Aim of the task:
Reproduce the entries below exactly, but only from the line containing "block of the plan." to the line containing "fn stream_to(plan: &RunPlan, epid: Epid)", inclusive.

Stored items
☆ ☆ ☆ ☆

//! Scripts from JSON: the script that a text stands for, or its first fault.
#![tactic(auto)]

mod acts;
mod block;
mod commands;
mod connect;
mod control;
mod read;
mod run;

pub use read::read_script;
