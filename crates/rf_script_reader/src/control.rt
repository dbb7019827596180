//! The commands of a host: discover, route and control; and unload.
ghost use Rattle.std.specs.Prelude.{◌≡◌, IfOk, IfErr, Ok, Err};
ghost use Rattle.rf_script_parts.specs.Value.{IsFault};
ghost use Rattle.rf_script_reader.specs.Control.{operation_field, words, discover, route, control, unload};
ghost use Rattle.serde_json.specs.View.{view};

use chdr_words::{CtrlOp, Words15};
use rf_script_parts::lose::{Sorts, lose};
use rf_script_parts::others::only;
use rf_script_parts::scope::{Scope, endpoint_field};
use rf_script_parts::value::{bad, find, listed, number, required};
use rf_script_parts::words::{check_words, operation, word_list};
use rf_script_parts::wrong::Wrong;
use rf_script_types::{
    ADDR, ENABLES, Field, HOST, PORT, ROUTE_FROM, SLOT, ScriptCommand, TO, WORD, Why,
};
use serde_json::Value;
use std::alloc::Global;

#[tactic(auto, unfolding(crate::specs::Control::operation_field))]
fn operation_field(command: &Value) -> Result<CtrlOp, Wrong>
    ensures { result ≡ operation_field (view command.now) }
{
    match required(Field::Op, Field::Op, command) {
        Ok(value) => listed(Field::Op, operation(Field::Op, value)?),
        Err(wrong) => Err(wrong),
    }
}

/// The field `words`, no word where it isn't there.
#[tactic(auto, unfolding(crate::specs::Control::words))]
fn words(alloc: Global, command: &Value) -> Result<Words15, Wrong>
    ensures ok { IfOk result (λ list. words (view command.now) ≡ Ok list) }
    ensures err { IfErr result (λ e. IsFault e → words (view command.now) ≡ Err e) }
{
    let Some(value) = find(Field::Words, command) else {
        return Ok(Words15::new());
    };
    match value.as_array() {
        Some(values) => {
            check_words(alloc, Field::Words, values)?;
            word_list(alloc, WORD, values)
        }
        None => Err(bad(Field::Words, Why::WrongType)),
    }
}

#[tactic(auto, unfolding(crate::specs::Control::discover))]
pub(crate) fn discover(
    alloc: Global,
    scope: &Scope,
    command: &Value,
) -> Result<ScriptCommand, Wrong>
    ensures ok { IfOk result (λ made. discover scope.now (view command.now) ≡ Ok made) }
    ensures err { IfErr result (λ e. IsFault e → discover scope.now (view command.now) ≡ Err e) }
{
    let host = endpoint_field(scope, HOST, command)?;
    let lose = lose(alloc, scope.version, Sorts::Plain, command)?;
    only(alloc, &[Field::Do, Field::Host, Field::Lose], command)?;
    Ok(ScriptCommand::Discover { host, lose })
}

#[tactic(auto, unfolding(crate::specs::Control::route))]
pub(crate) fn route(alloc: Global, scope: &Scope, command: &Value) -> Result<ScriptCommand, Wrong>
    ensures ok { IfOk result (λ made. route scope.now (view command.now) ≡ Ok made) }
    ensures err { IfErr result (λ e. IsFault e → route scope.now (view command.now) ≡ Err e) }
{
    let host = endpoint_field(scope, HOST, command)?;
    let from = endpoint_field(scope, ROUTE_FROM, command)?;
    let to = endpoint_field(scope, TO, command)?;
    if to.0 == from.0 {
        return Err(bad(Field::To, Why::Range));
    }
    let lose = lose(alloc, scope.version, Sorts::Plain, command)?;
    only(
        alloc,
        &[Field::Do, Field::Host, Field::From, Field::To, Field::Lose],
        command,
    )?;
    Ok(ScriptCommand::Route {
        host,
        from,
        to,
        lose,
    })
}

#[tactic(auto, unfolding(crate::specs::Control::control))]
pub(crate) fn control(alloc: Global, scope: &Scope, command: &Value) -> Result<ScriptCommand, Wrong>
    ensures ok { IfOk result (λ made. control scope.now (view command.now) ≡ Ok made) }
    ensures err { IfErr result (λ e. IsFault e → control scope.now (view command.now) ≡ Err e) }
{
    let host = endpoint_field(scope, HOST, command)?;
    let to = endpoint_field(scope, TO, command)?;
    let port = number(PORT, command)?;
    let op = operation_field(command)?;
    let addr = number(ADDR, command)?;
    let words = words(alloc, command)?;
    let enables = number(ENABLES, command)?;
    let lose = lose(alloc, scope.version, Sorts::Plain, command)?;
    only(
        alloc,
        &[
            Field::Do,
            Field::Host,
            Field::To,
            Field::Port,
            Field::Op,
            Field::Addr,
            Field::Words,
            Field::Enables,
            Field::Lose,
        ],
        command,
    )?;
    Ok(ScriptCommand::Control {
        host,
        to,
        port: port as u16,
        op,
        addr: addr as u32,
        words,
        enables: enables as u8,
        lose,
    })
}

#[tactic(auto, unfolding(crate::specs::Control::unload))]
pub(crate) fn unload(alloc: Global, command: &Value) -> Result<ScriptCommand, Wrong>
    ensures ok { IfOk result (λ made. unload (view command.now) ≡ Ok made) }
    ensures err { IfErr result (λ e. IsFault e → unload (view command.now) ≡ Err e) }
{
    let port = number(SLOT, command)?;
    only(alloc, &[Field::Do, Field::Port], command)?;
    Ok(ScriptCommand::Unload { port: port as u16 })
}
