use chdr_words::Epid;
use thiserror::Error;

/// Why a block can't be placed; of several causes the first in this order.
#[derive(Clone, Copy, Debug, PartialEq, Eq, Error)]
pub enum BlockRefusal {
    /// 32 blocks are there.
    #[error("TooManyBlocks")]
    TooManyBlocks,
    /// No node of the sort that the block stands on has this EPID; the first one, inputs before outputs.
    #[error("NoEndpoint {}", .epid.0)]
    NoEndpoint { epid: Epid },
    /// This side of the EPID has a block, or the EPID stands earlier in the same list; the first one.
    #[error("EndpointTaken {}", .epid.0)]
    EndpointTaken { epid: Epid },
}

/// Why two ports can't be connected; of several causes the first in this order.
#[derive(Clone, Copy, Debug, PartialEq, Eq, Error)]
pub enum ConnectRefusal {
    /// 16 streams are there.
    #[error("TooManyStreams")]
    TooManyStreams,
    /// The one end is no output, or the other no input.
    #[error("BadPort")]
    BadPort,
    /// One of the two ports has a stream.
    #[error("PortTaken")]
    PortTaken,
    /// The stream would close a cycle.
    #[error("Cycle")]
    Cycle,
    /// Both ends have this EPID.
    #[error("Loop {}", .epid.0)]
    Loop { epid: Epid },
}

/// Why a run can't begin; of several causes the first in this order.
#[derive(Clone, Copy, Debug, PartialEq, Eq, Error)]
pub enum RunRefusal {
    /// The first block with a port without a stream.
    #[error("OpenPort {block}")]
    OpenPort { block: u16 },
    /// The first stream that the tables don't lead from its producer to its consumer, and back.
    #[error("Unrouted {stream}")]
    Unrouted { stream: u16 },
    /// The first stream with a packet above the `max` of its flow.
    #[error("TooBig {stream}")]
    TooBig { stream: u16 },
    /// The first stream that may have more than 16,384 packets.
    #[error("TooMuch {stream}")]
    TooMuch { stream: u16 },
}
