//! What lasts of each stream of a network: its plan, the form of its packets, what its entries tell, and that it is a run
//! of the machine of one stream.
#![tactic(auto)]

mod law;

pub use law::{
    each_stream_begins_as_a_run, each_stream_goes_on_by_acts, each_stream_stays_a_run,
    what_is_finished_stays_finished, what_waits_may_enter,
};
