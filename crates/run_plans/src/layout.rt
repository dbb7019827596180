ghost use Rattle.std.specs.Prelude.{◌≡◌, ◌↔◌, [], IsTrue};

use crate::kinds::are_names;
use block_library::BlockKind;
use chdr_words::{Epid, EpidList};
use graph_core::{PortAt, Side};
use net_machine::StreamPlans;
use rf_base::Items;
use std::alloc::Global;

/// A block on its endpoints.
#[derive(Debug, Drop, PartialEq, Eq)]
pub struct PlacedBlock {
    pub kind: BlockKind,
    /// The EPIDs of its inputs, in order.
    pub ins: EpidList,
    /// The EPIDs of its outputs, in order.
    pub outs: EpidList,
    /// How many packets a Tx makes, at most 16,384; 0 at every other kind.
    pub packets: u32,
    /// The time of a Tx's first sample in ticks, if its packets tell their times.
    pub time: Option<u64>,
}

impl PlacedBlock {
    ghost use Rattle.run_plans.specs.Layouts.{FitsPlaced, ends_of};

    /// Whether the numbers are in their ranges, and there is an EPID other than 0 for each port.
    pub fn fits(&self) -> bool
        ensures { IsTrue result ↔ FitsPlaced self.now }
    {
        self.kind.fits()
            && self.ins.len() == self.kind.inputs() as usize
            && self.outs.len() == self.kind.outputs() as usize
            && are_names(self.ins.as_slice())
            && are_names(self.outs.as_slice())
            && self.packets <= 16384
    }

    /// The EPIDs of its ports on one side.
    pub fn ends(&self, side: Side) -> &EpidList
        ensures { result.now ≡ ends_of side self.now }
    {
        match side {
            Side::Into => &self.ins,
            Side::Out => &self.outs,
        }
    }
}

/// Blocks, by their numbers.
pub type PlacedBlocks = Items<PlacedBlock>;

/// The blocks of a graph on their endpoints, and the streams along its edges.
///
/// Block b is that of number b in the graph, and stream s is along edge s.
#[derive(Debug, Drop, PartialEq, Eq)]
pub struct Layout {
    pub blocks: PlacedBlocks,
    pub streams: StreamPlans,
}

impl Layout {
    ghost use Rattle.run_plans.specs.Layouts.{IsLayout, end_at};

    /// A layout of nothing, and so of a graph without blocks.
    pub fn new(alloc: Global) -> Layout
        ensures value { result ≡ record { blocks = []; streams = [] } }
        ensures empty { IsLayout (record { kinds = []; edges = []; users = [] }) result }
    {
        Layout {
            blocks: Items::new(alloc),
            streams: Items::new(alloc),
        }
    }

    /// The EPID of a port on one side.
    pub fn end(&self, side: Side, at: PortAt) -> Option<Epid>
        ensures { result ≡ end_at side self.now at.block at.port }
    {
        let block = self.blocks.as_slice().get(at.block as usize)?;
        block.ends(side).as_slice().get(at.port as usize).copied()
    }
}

☆ ☆ ☆ ☆

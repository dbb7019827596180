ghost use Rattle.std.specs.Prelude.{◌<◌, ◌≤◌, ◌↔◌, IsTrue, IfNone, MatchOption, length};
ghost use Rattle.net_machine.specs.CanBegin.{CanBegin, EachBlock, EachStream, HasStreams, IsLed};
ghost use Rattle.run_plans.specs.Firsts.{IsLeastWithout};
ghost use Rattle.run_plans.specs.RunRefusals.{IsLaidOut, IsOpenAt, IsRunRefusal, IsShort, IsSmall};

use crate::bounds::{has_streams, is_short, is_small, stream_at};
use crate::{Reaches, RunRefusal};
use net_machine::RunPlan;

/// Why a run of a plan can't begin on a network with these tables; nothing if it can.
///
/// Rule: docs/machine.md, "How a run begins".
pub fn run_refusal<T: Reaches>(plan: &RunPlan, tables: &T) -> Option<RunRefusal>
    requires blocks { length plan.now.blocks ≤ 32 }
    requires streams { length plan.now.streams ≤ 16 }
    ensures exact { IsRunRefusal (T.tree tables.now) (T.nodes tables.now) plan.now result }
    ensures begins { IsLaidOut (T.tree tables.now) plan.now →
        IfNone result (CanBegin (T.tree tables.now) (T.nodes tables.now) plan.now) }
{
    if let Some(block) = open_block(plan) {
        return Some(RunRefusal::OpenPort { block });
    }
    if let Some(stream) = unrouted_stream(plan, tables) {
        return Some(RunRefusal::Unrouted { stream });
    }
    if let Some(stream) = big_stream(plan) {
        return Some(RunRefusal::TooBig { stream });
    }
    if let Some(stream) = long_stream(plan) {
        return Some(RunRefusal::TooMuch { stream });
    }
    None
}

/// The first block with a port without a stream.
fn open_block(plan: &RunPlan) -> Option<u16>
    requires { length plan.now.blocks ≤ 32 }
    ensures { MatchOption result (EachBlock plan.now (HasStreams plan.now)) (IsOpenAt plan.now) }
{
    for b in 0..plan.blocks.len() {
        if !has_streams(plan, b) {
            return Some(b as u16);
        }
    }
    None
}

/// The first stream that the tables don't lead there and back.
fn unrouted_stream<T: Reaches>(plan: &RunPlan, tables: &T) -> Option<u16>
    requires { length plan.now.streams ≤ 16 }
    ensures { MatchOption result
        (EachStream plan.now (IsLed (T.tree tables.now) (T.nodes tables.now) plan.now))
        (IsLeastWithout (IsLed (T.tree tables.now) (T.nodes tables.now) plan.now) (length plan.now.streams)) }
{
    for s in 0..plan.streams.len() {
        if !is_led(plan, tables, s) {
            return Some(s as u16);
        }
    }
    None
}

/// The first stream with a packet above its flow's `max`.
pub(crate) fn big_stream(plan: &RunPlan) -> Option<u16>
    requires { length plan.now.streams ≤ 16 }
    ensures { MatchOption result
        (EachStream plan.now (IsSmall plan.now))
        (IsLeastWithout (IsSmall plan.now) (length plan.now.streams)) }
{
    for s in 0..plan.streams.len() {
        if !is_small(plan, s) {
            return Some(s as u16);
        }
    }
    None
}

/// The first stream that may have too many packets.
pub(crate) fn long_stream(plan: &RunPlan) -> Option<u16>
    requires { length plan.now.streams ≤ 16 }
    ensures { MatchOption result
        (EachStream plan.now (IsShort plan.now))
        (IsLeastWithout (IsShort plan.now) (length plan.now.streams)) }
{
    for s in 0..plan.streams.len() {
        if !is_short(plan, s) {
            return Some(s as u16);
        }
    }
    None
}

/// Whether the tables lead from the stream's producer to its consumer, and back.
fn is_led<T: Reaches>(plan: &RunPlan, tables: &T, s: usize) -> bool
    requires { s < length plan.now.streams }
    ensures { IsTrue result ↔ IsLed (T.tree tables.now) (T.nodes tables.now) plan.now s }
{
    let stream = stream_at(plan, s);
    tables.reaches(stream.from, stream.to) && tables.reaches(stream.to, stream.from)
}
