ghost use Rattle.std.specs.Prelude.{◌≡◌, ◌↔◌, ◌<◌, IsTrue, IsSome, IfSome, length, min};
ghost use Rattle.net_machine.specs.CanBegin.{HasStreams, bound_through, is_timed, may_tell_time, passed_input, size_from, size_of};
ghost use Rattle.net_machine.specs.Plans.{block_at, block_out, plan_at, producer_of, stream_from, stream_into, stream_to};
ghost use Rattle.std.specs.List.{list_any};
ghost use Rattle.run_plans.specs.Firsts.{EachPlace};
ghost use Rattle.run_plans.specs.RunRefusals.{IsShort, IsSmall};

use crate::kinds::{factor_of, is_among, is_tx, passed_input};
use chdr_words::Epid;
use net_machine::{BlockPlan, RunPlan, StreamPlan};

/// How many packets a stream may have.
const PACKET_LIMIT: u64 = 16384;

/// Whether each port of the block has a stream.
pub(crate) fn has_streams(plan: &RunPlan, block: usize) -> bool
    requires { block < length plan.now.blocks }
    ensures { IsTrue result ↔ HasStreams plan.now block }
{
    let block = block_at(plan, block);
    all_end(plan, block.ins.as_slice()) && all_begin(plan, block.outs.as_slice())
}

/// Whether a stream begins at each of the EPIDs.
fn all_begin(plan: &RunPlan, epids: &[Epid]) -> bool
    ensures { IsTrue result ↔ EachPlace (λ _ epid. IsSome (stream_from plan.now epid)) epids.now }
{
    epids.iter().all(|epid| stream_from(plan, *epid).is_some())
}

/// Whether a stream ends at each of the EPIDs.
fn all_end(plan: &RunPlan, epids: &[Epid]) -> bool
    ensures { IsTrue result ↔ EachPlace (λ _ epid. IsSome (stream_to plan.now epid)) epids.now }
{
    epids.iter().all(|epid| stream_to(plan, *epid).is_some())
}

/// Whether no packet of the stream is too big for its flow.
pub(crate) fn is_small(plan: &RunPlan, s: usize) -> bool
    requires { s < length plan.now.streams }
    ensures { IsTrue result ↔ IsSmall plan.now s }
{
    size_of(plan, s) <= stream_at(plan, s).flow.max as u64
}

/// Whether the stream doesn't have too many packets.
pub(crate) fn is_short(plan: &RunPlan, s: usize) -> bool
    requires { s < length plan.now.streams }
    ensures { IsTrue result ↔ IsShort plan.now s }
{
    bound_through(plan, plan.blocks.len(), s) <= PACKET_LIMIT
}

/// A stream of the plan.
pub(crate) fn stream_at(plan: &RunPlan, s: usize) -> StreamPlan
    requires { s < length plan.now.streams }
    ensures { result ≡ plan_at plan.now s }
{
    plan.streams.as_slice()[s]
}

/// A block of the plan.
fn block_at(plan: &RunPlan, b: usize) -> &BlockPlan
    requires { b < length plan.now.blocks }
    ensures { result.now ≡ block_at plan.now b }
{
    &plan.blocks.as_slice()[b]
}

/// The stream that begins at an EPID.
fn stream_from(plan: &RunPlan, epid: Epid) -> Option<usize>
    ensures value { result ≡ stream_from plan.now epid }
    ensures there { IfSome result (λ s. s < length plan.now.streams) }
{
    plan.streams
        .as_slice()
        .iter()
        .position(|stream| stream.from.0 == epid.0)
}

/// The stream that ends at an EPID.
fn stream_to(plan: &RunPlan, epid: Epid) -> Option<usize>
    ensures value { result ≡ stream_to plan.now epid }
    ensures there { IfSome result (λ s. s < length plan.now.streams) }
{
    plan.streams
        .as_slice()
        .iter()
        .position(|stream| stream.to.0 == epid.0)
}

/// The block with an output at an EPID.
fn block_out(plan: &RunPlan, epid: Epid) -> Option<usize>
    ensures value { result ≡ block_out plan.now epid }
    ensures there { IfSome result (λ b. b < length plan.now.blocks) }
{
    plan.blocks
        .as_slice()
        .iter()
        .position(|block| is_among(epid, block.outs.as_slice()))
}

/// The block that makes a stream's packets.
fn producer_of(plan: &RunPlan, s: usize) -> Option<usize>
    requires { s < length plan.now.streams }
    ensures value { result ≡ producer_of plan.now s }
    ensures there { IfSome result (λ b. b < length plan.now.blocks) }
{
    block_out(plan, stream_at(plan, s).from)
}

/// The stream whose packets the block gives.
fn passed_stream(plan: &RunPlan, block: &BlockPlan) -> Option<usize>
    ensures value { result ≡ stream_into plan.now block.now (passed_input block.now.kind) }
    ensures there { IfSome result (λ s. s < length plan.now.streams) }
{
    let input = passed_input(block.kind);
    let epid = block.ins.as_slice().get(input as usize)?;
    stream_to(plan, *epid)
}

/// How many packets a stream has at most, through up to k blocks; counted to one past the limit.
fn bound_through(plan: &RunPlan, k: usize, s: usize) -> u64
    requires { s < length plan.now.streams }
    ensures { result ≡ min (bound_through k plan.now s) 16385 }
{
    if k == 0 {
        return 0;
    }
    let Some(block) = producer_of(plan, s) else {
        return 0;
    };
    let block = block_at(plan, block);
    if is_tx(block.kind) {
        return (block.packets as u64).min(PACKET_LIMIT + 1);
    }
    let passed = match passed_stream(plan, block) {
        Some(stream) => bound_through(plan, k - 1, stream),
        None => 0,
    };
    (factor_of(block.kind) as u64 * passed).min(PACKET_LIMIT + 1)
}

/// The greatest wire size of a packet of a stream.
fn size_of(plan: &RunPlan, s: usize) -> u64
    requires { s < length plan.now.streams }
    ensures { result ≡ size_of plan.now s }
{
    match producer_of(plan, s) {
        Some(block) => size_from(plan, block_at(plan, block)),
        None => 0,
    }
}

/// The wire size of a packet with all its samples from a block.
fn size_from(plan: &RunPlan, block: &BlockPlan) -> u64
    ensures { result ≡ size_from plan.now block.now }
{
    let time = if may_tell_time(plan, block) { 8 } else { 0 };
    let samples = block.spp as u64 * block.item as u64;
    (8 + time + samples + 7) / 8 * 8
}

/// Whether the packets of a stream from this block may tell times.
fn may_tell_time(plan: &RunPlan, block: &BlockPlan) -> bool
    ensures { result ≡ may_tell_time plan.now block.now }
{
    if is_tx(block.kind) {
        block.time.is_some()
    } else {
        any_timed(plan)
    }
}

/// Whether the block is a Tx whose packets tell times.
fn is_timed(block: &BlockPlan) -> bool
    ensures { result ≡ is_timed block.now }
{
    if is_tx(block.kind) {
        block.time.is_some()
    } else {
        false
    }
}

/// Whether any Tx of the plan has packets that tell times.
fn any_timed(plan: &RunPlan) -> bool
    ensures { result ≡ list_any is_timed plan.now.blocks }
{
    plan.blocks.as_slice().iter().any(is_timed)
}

☆ ☆ ☆ ☆

Task result:
/// A block of the plan.
fn block_at(plan: &RunPlan, b: usize) -> &BlockPlan
    requires { b < length plan.now.blocks }
    ensures { result.now ≡ block_at plan.now b }
{
    &plan.blocks.as_slice()[b]
}

/// The stream that begins at an EPID.
fn stream_from(plan: &RunPlan, epid: Epid) -> Option<usize>
    ensures value { result ≡ stream_from plan.now epid }
    ensures there { IfSome result (λ s. s < length plan.now.streams) }
{
    plan.streams
        .as_slice()
        .iter()
        .position(|stream| stream.from.0 == epid.0)
}

/// The stream that ends at an EPID.
fn stream_to(plan: &RunPlan, epid: Epid) -> Option<usize>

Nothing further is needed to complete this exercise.